Особист перехватил взгляд Сидорова, обернулся на портрет, довольно крякнул:
– Спросишь, почему не снял?
Капитан не собирался спрашивать.
– Пускай смотрит! Пусть видит, фриц, кто теперь в его хоромах сидит. Ишь, рожа-то довольная!
Он обвел комнату смакующим взглядом.
– Устроились, а? – Зашарил по столу, взял портсигар. – Скажи, Иваныч? Картин понавешали, вазы вон, портиеры.
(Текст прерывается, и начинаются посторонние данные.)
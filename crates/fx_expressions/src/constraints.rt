//! Expressions where one begins, and constraints.
ghost use Rattle.std.specs.Prelude.{◌≡◌, true};
ghost use Rattle.fx_grammar.specs.Rule as rule;
ghost use Rattle.fx_grammar.specs.Grammar as grammar;
ghost use Rattle.fx_readers.specs.Gives.{Gives};

use crate::expressions::{call, expression, parens, sees_call};
use fx_algebra::Expr;
use fx_grammar::{Kind, SyntaxKind, Token};
use fx_readers::{Fault, Prefixes, refuse, sees, sees_iri_name};
use fx_terms::Boxed;
use std::alloc::Global;

/// An expression that stands in no other.
#[tactic(auto, unfolding(fx_grammar::specs::Grammar::whole_expression))]
pub fn whole_expression<'a>(
    alloc: Global,
    tokens: &'a [Token],
    prefixes: &Prefixes,
) -> Result<(Boxed<Expr>, &'a [Token]), Fault>
    ensures { Gives (λ x. (x.0, x.1.now)) result ((grammar.whole_expression prefixes.now).read tokens.now) }
{
    expression(alloc, tokens, prefixes, 64)
}

/// An expression between brackets.
#[tactic(auto, unfolding(fx_grammar::specs::Grammar::whole_expression))]
pub fn whole_parens<'a>(
    alloc: Global,
    tokens: &'a [Token],
    prefixes: &Prefixes,
) -> Result<(Boxed<Expr>, &'a [Token]), Fault>
    ensures { Gives (λ x. (x.0, x.1.now)) result ((grammar.parens (grammar.whole_expression prefixes.now)).read tokens.now) }
{
    parens(alloc, tokens, prefixes, 64)
}

#[tactic(auto, unfolding(fx_grammar::specs::Grammar::whole_expression))]
fn whole_call<'a>(
    alloc: Global,
    tokens: &'a [Token],
    prefixes: &Prefixes,
) -> Result<(Boxed<Expr>, &'a [Token]), Fault>
    ensures { Gives (λ x. (x.0, x.1.now)) result ((grammar.call (grammar.whole_expression prefixes.now)).read tokens.now) }
{
    call(alloc, tokens, prefixes, 64)
}

#[tactic(auto, unfolding(fx_grammar::specs::Grammar::whole_expression))]
fn sees_whole_call(tokens: &[Token]) -> bool
    ensures { (ps : grammar.Prefixes) → result ≡ rule.sees (grammar.call (grammar.whole_expression ps)).begins tokens.now }
{
    sees_call(tokens)
}

/// An expression between brackets, or a call.
pub fn constraint<'a>(
    alloc: Global,
    tokens: &'a [Token],
    prefixes: &Prefixes,
) -> Result<(Boxed<Expr>, &'a [Token]), Fault>
    ensures { Gives (λ x. (x.0, x.1.now)) result ((grammar.constraint prefixes.now).read tokens.now) }
{
    if sees(tokens, Kind::LeftParen) {
        return whole_parens(alloc, tokens, prefixes);
    }
    if sees_whole_call(tokens) {
        return whole_call(alloc, tokens, prefixes);
    }
    if sees_iri_name(tokens) {
        return Err(refuse(SyntaxKind::Unsupported, tokens));
    }
    Err(refuse(SyntaxKind::Unexpected, tokens))
}

/// The next token is one with which a constraint begins, or one that is refused by name in its place.
pub fn sees_constraint(tokens: &[Token]) -> bool
    ensures { (ps : grammar.Prefixes) → result ≡ rule.sees (grammar.constraint ps).begins tokens.now }
{
    if sees(tokens, Kind::LeftParen) {
        return true;
    }
    if sees_whole_call(tokens) {
        return true;
    }
    sees_iri_name(tokens)
}
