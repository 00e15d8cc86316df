//! Readers of expressions and of constraints, each exactly as its rule of `fx_grammar` reads them.
#![tactic(auto)]

mod constraints;
mod expressions;

pub use constraints::{constraint, sees_constraint, whole_expression, whole_parens};
pub use expressions::variable_expression;
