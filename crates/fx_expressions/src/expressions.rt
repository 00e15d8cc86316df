//! Expressions. `depth` says how many more expressions may stand within one another.
ghost use Rattle.std.specs.Prelude.{◌≡◌, ℕ};
ghost use Rattle.fx_grammar.specs.Rule as rule;
ghost use Rattle.fx_grammar.specs.Grammar as grammar;
ghost use Rattle.fx_readers.specs.Gives.{Gives};

use fx_algebra::{Expr, Function, Sign};
use fx_grammar::{Kind, Relative, SyntaxKind, Token};
use fx_readers::{
    Fault, Prefixes, comparison, iri_name, lacks, literal, mark, one_function, refuse, sees,
    sees_iri_name, signed, two_function, variable,
};
use fx_terms::{Boxed, Items};
use fx_trees::expressions::{
    add_part, add_signed, called, constant, known_by, named, negation, negative, one,
    one_or_conjunction, one_or_disjunction, one_or_product, positive, related, summed, three, two,
};
use std::alloc::Global;

/// The next token is one with which a call begins, or the name of a function that this profile leaves out.
#[tactic(auto, unfolding(fx_grammar::specs::Grammar::call, fx_grammar::specs::Grammar::bound_call, fx_grammar::specs::Grammar::coalesce_call, fx_grammar::specs::Grammar::if_call, fx_grammar::specs::Grammar::one_call, fx_grammar::specs::Grammar::two_call))]
pub fn sees_call(tokens: &[Token]) -> bool
    ensures { (ps : grammar.Prefixes) (n : ℕ) → result ≡ rule.sees (grammar.call (grammar.expression ps n)).begins tokens.now }
{
    sees(tokens, Kind::Bound)
        || sees(tokens, Kind::Coalesce)
        || sees(tokens, Kind::If)
        || sees(tokens, Kind::One)
        || sees(tokens, Kind::Two)
        || sees_other_call(tokens)
}

fn sees_other_call(tokens: &[Token]) -> bool
    ensures { result ≡ rule.sees grammar.is_other_call tokens.now }
{
    sees(tokens, Kind::OtherCall) || sees(tokens, Kind::Not)
}

#[tactic(auto, unfolding(fx_grammar::specs::Grammar::primary_iri, fx_grammar::specs::Grammar::no_call))]
fn primary_iri<'a>(
    alloc: Global,
    tokens: &'a [Token],
    prefixes: &Prefixes,
) -> Result<(Boxed<Expr>, &'a [Token]), Fault>
    ensures { Gives (λ x. (x.0, x.1.now)) result ((grammar.primary_iri prefixes.now).read tokens.now) }
{
    let (iri, rest) = iri_name(alloc, tokens, prefixes)?;
    lacks(rest, Kind::LeftParen)?;
    let expr = known_by(alloc, iri)?;
    Ok((expr, rest))
}

#[tactic(auto, unfolding(fx_grammar::specs::Grammar::primary_literal))]
fn primary_literal<'a>(
    alloc: Global,
    tokens: &'a [Token],
    prefixes: &Prefixes,
) -> Result<(Boxed<Expr>, &'a [Token]), Fault>
    ensures { Gives (λ x. (x.0, x.1.now)) result ((grammar.primary_literal prefixes.now).read tokens.now) }
{
    let (term, rest) = literal(alloc, tokens, prefixes, true)?;
    let expr = constant(alloc, term)?;
    Ok((expr, rest))
}

/// A variable.
pub fn variable_expression(
    alloc: Global,
    tokens: &[Token],
) -> Result<(Boxed<Expr>, &[Token]), Fault>
    ensures { Gives (λ x. (x.0, x.1.now)) result ((rule.made Expr.Variable grammar.variable).read tokens.now) }
{
    let (name, rest) = variable(tokens)?;
    let expr = named(alloc, name)?;
    Ok((expr, rest))
}

#[tactic(auto, unfolding(fx_grammar::specs::Grammar::bound_call))]
fn bound_call(alloc: Global, tokens: &[Token]) -> Result<(Boxed<Expr>, &[Token]), Fault>
    ensures { Gives (λ x. (x.0, x.1.now)) result (grammar.bound_call.read tokens.now) }
{
    let rest = mark(tokens, Kind::Bound)?;
    let rest = mark(rest, Kind::LeftParen)?;
    let (name, rest) = variable(rest)?;
    let rest = mark(rest, Kind::RightParen)?;
    let arg = named(alloc, name)?;
    let args = one(alloc, arg)?;
    let call = called(alloc, Function::Bound, args)?;
    Ok((call, rest))
}

/// An expression.
#[cycle(expressions)]
pub fn expression<'a>(
    alloc: Global,
    tokens: &'a [Token],
    prefixes: &Prefixes,
    depth: u32,
) -> Result<(Boxed<Expr>, &'a [Token]), Fault>
    ensures { Gives (λ x. (x.0, x.1.now)) result ((grammar.expression prefixes.now depth).read tokens.now) }
{
    if depth == 0 {
        return Err(refuse(SyntaxKind::Unexpected, tokens));
    }
    disjunction(alloc, tokens, prefixes, depth - 1)
}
Орестократея гребаная… Курить будешь?
Сидоров кивнул.
Особист раскрыл портсигар, дал папиросу, прикурил ему, затем себе, откинувшись, пустил в потолок дымную струю.
– А ты вот все молчишь, – сказал он с неудовольствием. – Не хочешь ты все-таки идти мне навстречу.
Не мытьем так катаньем, подумал Сидоров равнодушно. Скорей бы все это закончилось, что ли?
– Все рассказал, гражданин следователь. Все, как было. Слово в слово.